# WHAT YOU HAVE TO DO
Reproduce the complete listing without any deviation.

# DATA TO USE
=====

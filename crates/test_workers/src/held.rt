//! A gate that holds a worker while batches are answered.
use std::alloc::Global;
use std::sync::Arc;
use std::sync::atomic::{AtomicU64, Ordering};
use workers::{Gate, Pass, Place};

/// How many batches are answered before a held worker continues.
pub const HELD: u64 = 4;

/// How often a held worker asks, at most.
const TURNS: u64 = 1_000_000;

/// Holds a worker until enough batches are answered, or for good if that takes too many turns.
#[derive(Drop)]
pub struct Held {
    answered: Option<Arc<AtomicU64, Global>>,
    turns: u64,
}

impl Held {
    pub fn nothing() -> Self {
        Held {
            answered: None,
            turns: 0,
        }
    }

    pub fn until(answered: Arc<AtomicU64, Global>) -> Self {
        Held {
            answered: Some(answered),
            turns: 0,
        }
    }
}

impl Gate for Held {
    ghost use Rattle.std.specs.Prelude.{⊤};

    ghost answers = { λ old place pass new. ⊤ };

    fn at(&mut self, place: Place) -> Pass {
        let Some(answered) = &self.answered else {
            return Pass::Go;
        };
        if place != Place::Device || answered.load(Ordering::SeqCst) >= HELD {
            return Pass::Go;
        }
        if self.turns >= TURNS {
            return Pass::Stuck;
        }
        self.turns = self.turns.saturating_add(1);
        Pass::Again
    }
}
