ghost use Rattle.std.specs.Prelude.{◌≡◌, ◌≤◌, true, false, length, MatchOption, slice_index};
ghost use Rattle.rules.specs.Calls.{zeroed};
ghost use Rattle.rules.specs.Rings.{minus};
ghost use Rattle.tables.specs.Counts.{usage_word, assign_word, row_word, plus, with_counts, more_counts, less_counts};
ghost use Rattle.tables.specs.Held.{changed};
ghost use Rattle.tables.specs.Living.{there};

use crate::row::Row;
use crate::table::row_start;

/// The word of a row that counts readings.
const USAGE: usize = 2;
/// The word of a row that counts writings.
const ASSIGN: usize = 3;

/// How often a name is read and written.
#[derive(Clone, Copy, PartialEq, Eq, Default, Debug)]
pub struct VarInfo {
    pub usage: u32,
    pub assign: u32,
}

impl VarInfo {
    /// Both counts added, modulo 2^32.
    pub fn wrapping_add(self, by: VarInfo) -> VarInfo
        ensures usage { result.usage ≡ plus self.usage by.usage }
        ensures assign { result.assign ≡ plus self.assign by.assign }
    {
        VarInfo {
            usage: self.usage.wrapping_add(by.usage),
            assign: self.assign.wrapping_add(by.assign),
        }
    }

    /// Both counts subtracted, modulo 2^32.
    pub fn wrapping_sub(self, by: VarInfo) -> VarInfo
        ensures usage { result.usage ≡ minus self.usage by.usage }
        ensures assign { result.assign ≡ minus self.assign by.assign }
    {
        VarInfo {
            usage: self.usage.wrapping_sub(by.usage),
            assign: self.assign.wrapping_sub(by.assign),
        }
    }

    /// The counts of a row.
    pub fn read(row: &[u32]) -> VarInfo
        requires { 4 ≤ length row.now }
        ensures usage { result.usage ≡ slice_index row.now usage_word }
        ensures assign { result.assign ≡ slice_index row.now assign_word }
    {
        VarInfo {
            usage: row[USAGE],
            assign: row[ASSIGN],
        }
    }

    /// Makes them the counts of a row.
    fn write(self, row: &mut [u32])
        requires { 4 ≤ length row.old }
        ensures { row.new ≡ with_counts self.usage self.assign row.old }
    {
        row[USAGE] = self.usage;
        row[ASSIGN] = self.assign;
    }
}

/// Rows with counts.
pub trait Counted: Row {
    ghost room: { 4 ≤ Self.WIDTH };

    /// The counts of a row.
    final fn counts(table: &[u32], row: usize) -> Option<VarInfo>
        ensures row { MatchOption result (there Self.WIDTH table.now row ≡ false) (λ i. (there Self.WIDTH table.now row ≡ true) × (i.usage ≡ row_word Self.WIDTH row usage_word table.now) × (i.assign ≡ row_word Self.WIDTH row assign_word table.now)) }
    {
        let start = row_start::<Self>(table, row)?;
        Some(VarInfo::read(&table[start..start + Self::WIDTH]))
    }

    // Adding and subtracting are two texts: one for both would take the change as a function, and the clause about that is longer.
    /// Adds to the counts of a row, modulo 2^32.
    final fn add(table: &mut [u32], row: usize, by: VarInfo)
        ensures words { table.new ≡ changed Self.WIDTH row (more_counts by.usage by.assign) table.old }
        ensures behind { zeroed Self.WIDTH table.new ≡ zeroed Self.WIDTH table.old }
    {
        if let Some(start) = row_start::<Self>(table, row) {
            let words = &mut table[start..start + Self::WIDTH];
            VarInfo::read(words).wrapping_add(by).write(words);
        }
    }

    /// Subtracts from the counts of a row, modulo 2^32.
    final fn subtract(table: &mut [u32], row: usize, by: VarInfo)
        ensures words { table.new ≡ changed Self.WIDTH row (less_counts by.usage by.assign) table.old }
        ensures behind { zeroed Self.WIDTH table.new ≡ zeroed Self.WIDTH table.old }
    {
        if let Some(start) = row_start::<Self>(table, row) {
            let words = &mut table[start..start + Self::WIDTH];
            VarInfo::read(words).wrapping_sub(by).write(words);
        }
    }
}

=====

# TASK OUTPUT
filename crates/test_workers/src/held.rt
//! A gate that holds a worker while batches are answered.
use std::alloc::Global;
use std::sync::Arc;
use std::sync::atomic::{AtomicU64, Ordering};
use workers::{Gate, Pass, Place};

/// How many batches are answered before a held worker continues.
pub const HELD: u64 = 4;

/// How often a held worker asks, at most.
const TURNS: u64 = 1_000_000;

/// Holds a worker until enough batches are answered, or for good if that takes too many turns.
#[derive(Drop)]
pub struct Held {
    answered: Option<Arc<AtomicU64, Global>>,
    turns: u64,
}

impl Held {
    pub fn nothing() -> Self {
        Held {
            answered: None,
            turns: 0,
        }
    }

    pub fn until(answered: Arc<AtomicU64, Global>) -> Self {
        Held {
            answered: Some(answered),
            turns: 0,
        }
    }
}

impl Gate for Held {
    ghost use Rattle.std.specs.Prelude.{⊤};

    ghost answers = { λ old place pass new. ⊤ };

    fn at(&mut self, place: Place) -> Pass {
        let Some(answered) = &self.answered else {
            return Pass::Go;
        };
        if place != Place::Device || answered.load(Ordering::SeqCst) >= HELD {
            return Pass::Go;
        }
        if self.turns >= TURNS {
            return Pass::Stuck;
        }
        self.turns = self.turns.saturating_add(1);
        Pass::Again
    }
}
ghost use Rattle.std.specs.Prelude.{◌≡◌, ◌≤◌, true, false, length, MatchOption, slice_index};
ghost use Rattle.rules.specs.Calls.{zeroed};
ghost use Rattle.rules.specs.Rings.{minus};
ghost use Rattle.tables.specs.Counts.{usage_word, assign_word, row_word, plus, with_counts, more_counts, less_counts};
ghost use Rattle.tables.specs.Held.{changed};
ghost use Rattle.tables.specs.Living.{there};

use crate::row::Row;
use crate::table::row_start;

/// The word of a row that counts readings.
const USAGE: usize = 2;
/// The word of a row that counts writings.
const ASSIGN: usize = 3;

/// How often a name is read and written.
#[derive(Clone, Copy, PartialEq, Eq, Default, Debug)]
pub struct VarInfo {
    pub usage: u32,
    pub assign: u32,
}

impl VarInfo {
    /// Both counts added, modulo 2^32.
    pub fn wrapping_add(self, by: VarInfo) -> VarInfo
        ensures usage { result.usage ≡ plus self.usage by.usage }
        ensures assign { result.assign ≡ plus self.assign by.assign }
    {
        VarInfo {
            usage: self.usage.wrapping_add(by.usage),
            assign: self.assign.wrapping_add(by.assign),
        }
    }

    /// Both counts subtracted, modulo 2^32.
    pub fn wrapping_sub(self, by: VarInfo) -> VarInfo
        ensures usage { result.usage ≡ minus self.usage by.usage }
        ensures assign { result.assign ≡ minus self.assign by.assign }
    {
        VarInfo {
            usage: self.usage.wrapping_sub(by.usage),
            assign: self.assign.wrapping_sub(by.assign),
        }
    }

    /// The counts of a row.
    pub fn read(row: &[u32]) -> VarInfo
        requires { 4 ≤ length row.now }
        ensures usage { result.usage ≡ slice_index row.now usage_word }
        ensures assign { result.assign ≡ slice_index row.now assign_word }
    {
        VarInfo {
            usage: row[USAGE],
            assign: row[ASSIGN],
        }
    }

    /// Makes them the counts of a row.
    fn write(self, row: &mut [u32])
        requires { 4 ≤ length row.old }
        ensures { row.new ≡ with_counts self.usage self.assign row.old }
    {
        row[USAGE] = self.usage;
        row[ASSIGN] = self.assign;
    }
}

/// Rows with counts.
pub trait Counted: Row {
    ghost room: { 4 ≤ Self.WIDTH };

    /// The counts of a row.
    final fn counts(table: &[u32], row: usize) -> Option<VarInfo>
        ensures row { MatchOption result (there Self.WIDTH table.now row ≡ false) (λ i. (there Self.WIDTH table.now row ≡ true) × (i.usage ≡ row_word Self.WIDTH row usage_word table.now) × (i.assign ≡ row_word Self.WIDTH row assign_word table.now)) }
    {
        let start = row_start::<Self>(table, row)?;
        Some(VarInfo::read(&table[start..start + Self::WIDTH]))
    }

    // Adding and subtracting are two texts: one for both would take the change as a function, and the clause about that is longer.
    /// Adds to the counts of a row, modulo 2^32.
    final fn add(table: &mut [u32], row: usize, by: VarInfo)
        ensures words { table.new ≡ changed Self.WIDTH row (more_counts by.usage by.assign) table.old }
        ensures behind { zeroed Self.WIDTH table.new ≡ zeroed Self.WIDTH table.old }
    {
        if let Some(start) = row_start::<Self>(table, row) {
            let words = &mut table[start..start + Self::WIDTH];
            VarInfo::read(words).wrapping_add(by).write(words);
        }
    }

    /// Subtracts from the counts of a row, modulo 2^32.
    final fn subtract(table: &mut [u32], row: usize, by: VarInfo)
        ensures words { table.new ≡ changed Self.WIDTH row (less_counts by.usage by.assign) table.old }
        ensures behind { zeroed Self.WIDTH table.new ≡ zeroed Self.WIDTH table.old }
    {
        if let Some(start) = row_start::<Self>(table, row) {
            let words = &mut table[start..start + Self::WIDTH];
            VarInfo::read(words).wrapping_sub(by).write(words);
        }
    }
}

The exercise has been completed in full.